In an alternate Universe, .NET code executes in parallel

Actually, it’s right here as the Microsoft Parallel Extensions to the .NET 3.5 Framework Dec. 2007 CTP (what a mouthful!). If you’re not familiar with these extensions, the brief summary is simple (straight from MSDN):

Parallel Extensions to the .NET Framework is a managed programming model for data parallelism, task parallelism, and coordination on parallel hardware unified by a common work scheduler. Parallel Extensions makes it easier for developers to write programs that scale to take advantage of parallel hardware—providing improved performance as the numbers of cores and processors increase—without having to deal with many of the complexities of today’s concurrent programming models. Parallel Extensions provides library-based support for introducing concurrency into applications written with any .NET language, including but not limited to C# and Visual Basic.

What that’s trying to say is that it makes it easier to write complex multi-threaded, divide and conquer-style code. If you have code that just uses threads occasionally, maybe via the ThreadPool (or my current favorite, the BackgroundWorker), you could switch to using these extensions. But, the benefits currently won’t likely outweigh the work necessary to make the switch. If however, you’ve got code that could take advantage of parallelism, code that is executing on multiple processors simultaneously (doing the exact same functions), then the extensions may be exactly what you’re looking for.

I’ve absolutely written code before which has a queue, multiple threads that are processing the queue, and chugged through that code.

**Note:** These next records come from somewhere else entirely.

//! Replay of a trace on the code of its script.
ghost use Rattle.std.specs.Prelude.{◌≡◌, ◌<◌, ℕ, List, [], length, map, Option, true, IfSome, IfOk, IfErr, OnOk};
ghost use Rattle.dataflow.specs.Machine.{Back, Begin, End};
ghost use Rattle.task_code.specs.View.{event_view};
ghost use Rattle.board.specs.Board.{IsWorker};
ghost use Rattle.swt_trace.specs.Trace.{IsFirstBad, IsTrace, worker_of};
ghost use Rattle.board_runs.specs.declared.report.Report.{Report};
ghost use Rattle.board_runs.specs.Report.{Reports};
ghost use Rattle.board_runs.specs.Same.{SameReport};
ghost use Rattle.board_runs.specs.Stopped.{IsStopped};
ghost use Rattle.swt_trace.specs.declared.ending.Ending.{Ending};
ghost use Rattle.swt_trace.specs.Replay.{IsFirstNoStep, IsNamed, IsTraceOf, IsWrongEnd, ReplaysTo, Takes};
ghost use Rattle.swt_trace.specs.Refused.{IsRefusedBy, IsSoFar};

use crate::ending::Ending;
use crate::fault::{RefusedReplay, ReplayFault};
use crate::read::read_trace;
use board::Board;
use board::refusal::BoardRefusal;
use board_program::program::Program;
use board_runs::report::Report;
use board_runs::step::finish;
use board_runs::stopped::{StoppedRun, stopped_run};
use std::alloc::{AllocError, Global};
use task_code::code::Code;
use task_code::event::Event;

/// Runs the events of a trace on the code, and returns the report of that run. See `replay_to_stop`, which can keep the
/// board.
///
/// # Errors
///
/// Returns the faults of `replay_to_stop`.
pub fn replay(alloc: Global, code: &Code, trace: &[u8]) -> Result<Report, ReplayFault>
    ensures report { IfOk result (ReplaysTo code.now trace.now) }
    ensures bad { IfErr result (λ fault. (n : ℕ) → fault ≡ ReplayFault.BadLine n → IsFirstBad trace.now n) }
    ensures no_step { IfErr result (λ fault. (n : ℕ) → fault ≡ ReplayFault.NotARun n → IsFirstNoStep code.now trace.now n) }
    ensures wrong { IfErr result (λ fault. (n : ℕ) → fault ≡ ReplayFault.WrongEnd n → IsWrongEnd code.now trace.now n) }
    ensures again { (report : Report) → IsTraceOf code.now trace.now report → IfOk result (SameReport report) }
    ensures only_memory { (report : Report) → IsTraceOf code.now trace.now report → IfErr result (λ fault. fault ≡ ReplayFault.Memory) }
{
    match replay_to_stop(alloc, code, trace, false) {
        Ok(run) => Ok(run.into_report()),
        Err(refused) => Err(refused.fault),
    }
}

/// Runs the events of a trace on the code, and returns the report of that run, and the board on which it ended if that
/// is wanted.
///
/// The limit of the run is the number of events. The end of the report is therefore `Limit` if the trace stops before
/// the run does. The trace of a report of any run of the code is replayed to a report with the same content, unless
/// an allocation fails.
///
/// # Errors
///
/// Returns `BadLine` if the bytes are not a trace, before any event is run. Its number is that of the first line that
/// violates the grammar.
///
/// Returns `NotARun` if an event is not a step, with the number of the first such line. The item could not begin, or
/// was ended or given back by a worker that did not run it. Or a fault occurred earlier. If the board is wanted, it is
/// returned as the events before have left it, together with the event.
///
/// Returns `WrongEnd` if each event is a step, but the last line of a trace of version 2 names a different end. Its
/// number is that of the last line. The board is returned if it is wanted.
///
/// Returns `Memory` if an allocation fails.
pub fn replay_to_stop(
    alloc: Global,
    code: &Code,
    trace: &[u8],
    keeps: bool,
) -> Result<StoppedRun, RefusedReplay>
    ensures report { IfOk result (λ run. ReplaysTo code.now trace.now run.report) }
    ensures kept { IfOk result (IsStopped keeps) }
    ensures bad { IfErr result (λ refused. (n : ℕ) → refused.fault ≡ ReplayFault.BadLine n → IsFirstBad trace.now n) }
    ensures no_step { IfErr result (λ refused. (n : ℕ) → refused.fault ≡ ReplayFault.NotARun n → IsFirstNoStep code.now trace.now n) }
    ensures wrong { IfErr result (λ refused. (n : ℕ) → refused.fault ≡ ReplayFault.WrongEnd n → IsWrongEnd code.now trace.now n) }
    ensures again { (report : Report) → IsTraceOf code.now trace.now report → IfOk result (λ run. SameReport report run.report) }
    ensures only_memory { (report : Report) → IsTraceOf code.now trace.now report → IfErr result (λ refused. refused.fault ≡ ReplayFault.Memory) }
    ensures left { IfErr result (λ refused. IfSome refused.board (λ board. IsRefusedBy code.now trace.now keeps refused.event board)) }
{
    let _whole = code.entry_count();
    let told = read_trace(alloc, trace)?;
    let program = Program::new(alloc, code.copy()?)?;
    let board = Board::new(alloc, program, told.events.len() as u32)?;
    let run = run_behind(alloc, board, told.events.as_slice(), keeps)?;
    ended_as(run, told.ending, told.events.len() as u64 + 2)
}

/// Runs the events of a trace on a board without history, and returns the report, and the board if it is wanted.
fn run_behind(
    alloc: Global,
    board: Board,
    events: &[Event],
    keeps: bool,
) -> Result<StoppedRun, RefusedReplay>
    requires trace { (bytes : List ℕ) × (e : Option Ending) × IsTrace bytes events.now e }
    requires none { board.history ≡ [] }
    requires room { board.limit ≡ length events.now }
    ensures history { IfOk result (λ run. run.report.history.items ≡ events.now) }
    ensures reports { IfOk result (λ run. Reports board.code (length events.now) run.report) }
    ensures kept { IfOk result (IsStopped keeps) }
    ensures bad { IfErr result (λ refused. (n : ℕ) → refused.fault ≡ ReplayFault.BadLine n → ⊥) }
    ensures wrong { IfErr result (λ refused. (n : ℕ) → refused.fault ≡ ReplayFault.WrongEnd n → ⊥) }
    ensures no_step { IfErr result (λ refused. (n : ℕ) → refused.fault ≡ ReplayFault.NotARun n
        → (bytes : List ℕ) (e : Option Ending) → IsTrace bytes events.now e → IsFirstNoStep board.code bytes n) }
    ensures left { IfErr result (λ refused. IfSome refused.board (λ left. (bytes : List ℕ) (e : Option Ending)
        → IsTrace bytes events.now e → IsRefusedBy board.code bytes keeps refused.event left)) }
{
    let mut board = board;
    match take_all(&mut board, events) {
        Ok(()) => Ok(stopped_run(alloc, board, keeps)?),
        Err(fault) => Err(refused_at(fault, board, events, keeps)),
    }
}

/// Returns the refusal of the first event that is not a step, with the board before it if that is wanted. No board is
/// left for want of memory.
fn refused_at(fault: ReplayFault, board: Board, events: &[Event], keeps: bool) -> RefusedReplay
    ensures fault { result.fault ≡ fault }
    ensures board { IfSome result.board (λ left. (left ≡ board) × (keeps ≡ true) × ((n : ℕ) × (fault ≡ ReplayFault.NotARun n))) }
{
    match fault {
        ReplayFault::NotARun(line) if keeps => RefusedReplay {
            fault,
            board: Some(board),
            event: events.get(line.saturating_sub(2) as usize).copied(),
        },
        _ => RefusedReplay::alone(fault),
    }
}

/// Returns the run if it has the end that its trace names on this line, or if the trace names none.
///
/// # Errors
///
/// Returns `WrongEnd` with the number of the line if the run has a different end.
fn ended_as(run: StoppedRun, ending: Option<Ending>, line: u64) -> Result<StoppedRun, RefusedReplay>
    ensures ok { IfOk result (λ same. (same ≡ run) × IsNamed ending run.report.end) }
    ensures err { IfErr result (λ refused. (refused.fault ≡ ReplayFault.WrongEnd line) × (refused.board ≡ run.board) × ¬ IsNamed ending run.report.end) }
{
    if let Some(named) = ending {
        if named != Ending::of(&run.report.end) {
            return Err(RefusedReplay {
                fault: ReplayFault::WrongEnd(line),
                board: run.into_board(),
                event: None,
            });
        }
    }
    Ok(run)
}

/// Runs the events of a trace on a board without history, up to the first one that is not a step.
fn take_all(board: &mut Board, events: &[Event]) -> Result<(), ReplayFault>
    requires trace { (bytes : List ℕ) × (e : Option Ending) × IsTrace bytes events.now e }
    requires none { board.old.history ≡ [] }
    requires room { board.old.limit ≡ length events.now }
    ensures code { OnOk result (board.new.code ≡ board.old.code) }
    ensures limit { OnOk result (board.new.limit ≡ board.old.limit) }
    ensures history { OnOk result (board.new.history ≡ map event_view events.now) }
    ensures bad { IfErr result (λ fault. (n : ℕ) → fault ≡ ReplayFault.BadLine n → ⊥) }
    ensures wrong { IfErr result (λ fault. (n : ℕ) → fault ≡ ReplayFault.WrongEnd n → ⊥) }
    ensures no_step { IfErr result (λ fault. (n : ℕ) → fault ≡ ReplayFault.NotARun n
        → (bytes : List ℕ) (e : Option Ending) → IsTrace bytes events.now e → IsFirstNoStep board.old.code bytes n) }
    ensures left { IfErr result (λ fault. (n : ℕ) → fault ≡ ReplayFault.NotARun n
        → (board.new.code ≡ board.old.code) × IsSoFar events.now board.new.history) }
{
    for (place, event) in events.iter().enumerate() {
        if !take_step(board, event)? {
            let _replays = board.history();
            return Err(ReplayFault::NotARun(place as u64 + 2));
        }
    }
    Ok(())
}

/// Runs an event if it is a step, and returns whether it is one.
fn take_step(board: &mut Board, event: &Event) -> Result<bool, AllocError>
    requires worker { IsWorker (worker_of event.now) }
    requires room { length board.old.history < board.old.limit }
    ensures { IfOk result (λ taken. Takes board.old (event_view event.now) board.new taken) }
{
    match event {
        Event::Begin { worker, item } => take_begin(board, *worker, *item),
        Event::End { worker, item } => take_end(board, *worker, *item),
        Event::Back { worker, item } => take_back(board, *worker, *item),
    }
}

/// Begins an item for `take_step`.
fn take_begin(board: &mut Board, worker: u8, item: u64) -> Result<bool, AllocError>
    requires worker { IsWorker worker }
    requires room { length board.old.history < board.old.limit }
    ensures { IfOk result (λ taken. Takes board.old (Begin worker item) board.new taken) }
{
    match board.begin(worker, item) {
        Ok(work) => {
            drop(work);
            Ok(true)
        }
        Err(refusal) => match refusal {
            BoardRefusal::Memory => Err(AllocError),
            _ => Ok(false),
        },
    }
}

/// Computes a running item and ends it, for `take_step`.
fn take_end(board: &mut Board, worker: u8, item: u64) -> Result<bool, AllocError>
    requires worker { IsWorker worker }
    requires room { length board.old.history < board.old.limit }
    ensures { IfOk result (λ taken. Takes board.old (End worker item) board.new taken) }
{
    match board.work(worker, item) {
        Ok(work) => finish(board, worker, work),
        Err(refusal) => match refusal {
            BoardRefusal::Memory => Err(AllocError),
            _ => Ok(false),
        },
    }
}

/// Gives an item back, for `take_step`.
fn take_back(board: &mut Board, worker: u8, item: u64) -> Result<bool, AllocError>
    requires worker { IsWorker worker }
    requires room { length board.old.history < board.old.limit }
    ensures { IfOk result (λ taken. Takes board.old (Back worker item) board.new taken) }
{
    match board.back(worker, item) {
        Ok(()) => Ok(true),
        Err(_refusal) => Ok(false),
    }
}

It’s messy, error prone, and subject to performance woes if not written carefully. I hate writing it as it’s always easier to code incorrectly (or not adequately) than it is to write correctly.

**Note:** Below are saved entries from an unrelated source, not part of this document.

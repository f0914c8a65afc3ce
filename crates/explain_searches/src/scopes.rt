//! Token searches for the loops and branches around a place of a text that parses as a script.

use crate::calls::next_token;
use lexer::lexer::Lexer;
use lexer::token::{Token, TokenKind};
use std::alloc::{AllocError, Global};

/// The header of a loop, as its tokens give it.
#[derive(Clone, Copy, Debug)]
pub struct LoopHeader<'t> {
    /// The offset at which the loop begins.
    pub at: usize,
    /// The name of its value. It is empty for a block that is not that of a loop.
    pub value: &'t [u8],
    /// The name of its key, which is empty if there is none.
    pub key: &'t [u8],
    /// The name of the array that it iterates over, which is empty for a range.
    pub array: &'t [u8],
}

/// A block that is not that of a loop.
const OTHER_BLOCK: LoopHeader<'static> = LoopHeader {
    at: 0,
    value: &[],
    key: &[],
    array: &[],
};

impl<'t> LoopHeader<'t> {
    /// Returns the name that numbers the turns, or no bytes if there is none: the value of a range or the key of an
    /// array.
    pub fn number(&self) -> &'t [u8] {
        if self.array.is_empty() {
            self.value
        } else {
            self.key
        }
    }
}

/// Returns the blocks that contain an offset, from the outermost, each with the header of its loop.
fn blocks_around<'t>(
    alloc: Global,
    text: &'t [u8],
    at: usize,
) -> Result<Vec<LoopHeader<'t>>, AllocError> {
    let mut lexer = Lexer::new(text);
    let mut open = Vec::new(alloc);
    let mut header = OTHER_BLOCK;
    for _ in 0..text.len() {
        let Some(token) = next_token(&mut lexer) else {
            break;
        };
        if token.span.from >= at {
            break;
        }
        match token.kind {
            TokenKind::Foreach => header = header_of(&mut lexer, token.span.from),
            TokenKind::OpenCurly => {
                open.push(header)?;
                header = OTHER_BLOCK;
            }
            TokenKind::CloseCurly => {
                let _ = open.pop();
            }
            _ => {}
        }
    }
    Ok(open)
}

/// Reads the header of the loop that begins at an offset, up to the first token of its source.
fn header_of<'t>(lexer: &mut Lexer<'t>, at: usize) -> LoopHeader<'t> {
    let value = name_in(next_token(lexer));
    let mut key: &[u8] = &[];
    if kind_of(&next_token(lexer)) == TokenKind::Comma {
        key = name_in(next_token(lexer));
        let _in = next_token(lexer);
    }
    LoopHeader {
        at,
        value,
        key,
        array: name_in(next_token(lexer)),
    }
}

fn kind_of(token: &Option<Token<'_>>) -> TokenKind {
    match token {
        Some(token) => token.kind,
        None => TokenKind::End,
    }
}

/// Returns the bytes of a name, or no bytes for another token.
fn name_in<'t>(token: Option<Token<'t>>) -> &'t [u8] {
    match token {
        Some(token) if token.kind == TokenKind::Name => token.text,
        _ => &[],
    }
}

/// Returns the innermost loop that contains an offset and begins after another one.
pub fn loop_since<'t>(
    alloc: Global,
    text: &'t [u8],
    since: usize,
    at: usize,
) -> Result<Option<LoopHeader<'t>>, AllocError> {
    let mut found = None;
    let blocks = blocks_around(alloc, text, at)?;
    for block in &blocks {
        if !block.value.is_empty() && block.at >= since {
            found = Some(*block);
        }
    }
    Ok(found)
}

/// Returns the innermost loop that contains an offset, but not a later one.
pub fn loop_before<'t>(
    alloc: Global,
    text: &'t [u8],
    inside: usize,
    later: usize,
) -> Result<Option<LoopHeader<'t>>, AllocError> {
    let around = blocks_around(alloc, text, later)?;
    match loop_since(alloc, text, 0, inside)? {
        Some(header) if !is_among(around.as_slice(), header.at) => Ok(Some(header)),
        _ => Ok(None),
    }
}

/// Returns true if one of these blocks is that of the loop that begins at an offset.
fn is_among(blocks: &[LoopHeader<'_>], at: usize) -> bool {
    for block in blocks {
        if !block.value.is_empty() && block.at == at {
            return true;
        }
    }
    false
}

/// Returns the offset at which the `if` at an offset ends, with its `else` branches.
pub fn end_of_if(text: &[u8], at: usize) -> usize {
    let mut lexer = Lexer::behind(text, at.min(text.len()));
    let mut depth: usize = 0;
    let mut end = at;
    let mut is_closed = false;
    for _ in at..text.len() {
        let Some(token) = next_token(&mut lexer) else {
            break;
        };
        match token.kind {
            TokenKind::Else => is_closed = false,
            _ if is_closed => break,
            TokenKind::OpenCurly => depth = depth.saturating_add(1),
            TokenKind::CloseCurly => {
                depth = depth.saturating_sub(1);
                is_closed = depth == 0;
                end = token.span.to;
            }
            _ => {}
        }
    }
    end
}

/// Returns true if the statement after an offset is an `if` that contains a later offset.
pub fn is_in_next_if(text: &[u8], from: usize, at: usize) -> bool {
    let mut lexer = Lexer::behind(text, from.min(text.len()));
    match next_token(&mut lexer) {
        Some(token) if token.kind == TokenKind::If => at < end_of_if(text, token.span.from),
        _ => false,
    }
}

/// Returns true if a name occurs between two offsets.
pub fn occurs_between(text: &[u8], from: usize, to: usize, name: &[u8]) -> bool {
    let mut lexer = Lexer::behind(text, from.min(text.len()));
    for _ in from..to {
        match next_token(&mut lexer) {
            Some(token) if token.span.from < to => {
                if token.text == name {
                    return true;
                }
            }
            _ => return false,
        }
    }
    false
}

At it’s most simple, it could be used like this:

static void Main(string[] args)
{
    int[,] data = new int[1024, 512];
    Parallel.For(0, 1024, i =>
    {
        for (int j = 0; j < 512; j++)
        {
            data[i, j] = (int) j * i ;
        }

        Console.Write("[{0}]", i);
    });

    Console.WriteLine("Done!");
    Console.ReadKey();
}

A simple loop which, in parallel, executes the inner loop to set the rows of data. The Parallel.For statement doesn’t return until the loop is entirely completed. Super simple.

There’s no guarantee of order as you can see from these results:

image 

Clearly, some of the work is being done out of sequence. This is one of the key tenants and rules of the Parallel extensions currently — the work will be done when the work is done — in whatever order is determined to be best by the Parallel Task Scheduler. You should never rely on any particular order. Period. Assume things are in a semi-random sequence.

There is also a handy IEnumerable ForEach iterator:

static void ComputeHashes(string startFolder)
{
    DirectoryInfo rootFolder = new DirectoryInfo(startFolder);
    FileInfo[] files = rootFolder.GetFiles("*.*");

    Parallel.ForEach<DirectoryInfo>(rootFolder.GetDirectories(), dir =>
    {
        ComputeHashes(dir.FullName);
    });

    Parallel.ForEach<FileInfo>(files, file =>
    {
        Console.WriteLine("{0} .... ", file.Name);
        MD5 md5 = MD5.Create();
        byte[] hash;
        using (FileStream stream = File.OpenRead(file.FullName))
        {
            hash = md5.ComputeHash(stream);
        }

        StringBuilder sb = new StringBuilder();
        for (int i = 0; i < hash.Length; i++)
        {
            sb.AppendFormat("{0:X}", hash[i]);
        }

        Console.WriteLine("{0} - {1}", file.Name, sb.ToString());
    });
}

The above example iterates through folders in search of files so that the MD5 HASH checksum can be output.

I’m not going to attempt to go through all the APIs and options (as there’s a lot there including Parallel Extensions for LINQ). There’s ample documentation available on the web, and a well maintained blog by the team at Microsoft. This blog post in particular answers a bunch of questions that you might have about the Parallel Extensions.

One thing I’d like to see is for an easier way to debug an application when using the Parallel Extensions. When multiple threads are active, it’s really tough to debug (even on a single workstation) a multi-threaded application. In my threaded development, I usually have a switch I can set to use only a single thread for testing, debugging, so that I can retain some part of my sanity. I’d suggest something like a Parallel.DebugMode = true … I don’t need to set the specific number of threads … just give me one. :)

I’m not clear on when I’d want to use these extensions, especially on a web server — seems like the answer is never (or rarely)?

In any case, now’s the time to check this stuff out so that you can provide feedback before they ship.